What you should do: Within the entries below, the lines from the one with "use std::alloc::Global;" through the one with "Instructions and data" are to be set down exactly, both ends kept.

Source data:
//! Assembles a listing: the codes, data and padding of each line, where the layout places that line.
ghost use Rattle.std.specs.Prelude.{◌≡◌, ◌+◌, ◌%◌, IfOk, MatchResult, None, length};
ghost use Rattle.thumb_model.specs.Layout.{Layable};
ghost use Rattle.listing_parser.specs.Parsing.{IsListing, text_of_lines};
ghost use Rattle.label_layout.specs.Addresses.{AreAddresses};
ghost use Rattle.thumb_assembler.specs.Bytes.{AreImage, first_flaw, IsRefusal};
ghost use Rattle.thumb_assembler.specs.Runs.{IsAssembled};

use crate::errors::ImageError;
use crate::pushing::push_statement;
use label_layout::Layout;
use listing_parser::Listing;
use std::alloc::Global;

/// The image of a listing: its bytes from the layout's base to its end. The layout is the listing's, and its base is even.
///
/// Instructions and data words are at the layout's addresses, lowest byte first, each branch and literal load with its distance; padding is `nop`
/// (BF00) for each two bytes. A word with a name holds a code label's address + 1, another label's address, or the address that the listing sets, plus the
/// added number. A listing has no image where a name in `b`, `bl` or `.word` has no address, or where a `.set` gives one that lies in the image; the
/// error names the first such line. Time is linear in the listing's length.
pub fn assemble(alloc: Global, listing: &Listing, layout: &Layout) -> Result<Vec<u8>, ImageError>
    requires listed { IsListing (text_of_lines listing.now) listing.now }
    requires laid { AreAddresses listing.now layout.now }
    requires layable { Layable layout.now.base listing.now }
    requires even { layout.now.base % 2 ≡ 0 }
    ensures image { IfOk result (λ bytes. AreImage layout.now.base listing.now bytes.items) }
    ensures verdict { MatchResult result (λ _. first_flaw layout.now.base listing.now ≡ None) (IsRefusal layout.now.base listing.now) }
    ensures assembled { IfOk result (λ bytes. IsAssembled layout.now.base listing.now bytes.items) }
    ensures size { IfOk result (λ bytes. layout.now.base + length bytes.items ≡ layout.now.end) }
{
    let base = layout.base();
    let Ok(mut bytes) = Vec::with_capacity(alloc, (layout.end() - base) as usize) else {
        return Err(ImageError::Memory);
    };
    let mut number = 0;
    for line in listing.lines() {
        let at = base + bytes.len() as u32;
        number += 1;
        if let Err(flaw) = push_statement(&mut bytes, listing, layout, at, &line.statement) {
            return Err(flaw.at(number));
        }
    }
    Ok(bytes)
}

Response for this exercise:
use std::alloc::Global;

/// The image of a listing: its bytes from the layout's base to its end. The layout is the listing's, and its base is even.
///
/// Instructions and data words are at the layout's addresses, lowest byte first, each branch and literal load with its distance; padding is `nop`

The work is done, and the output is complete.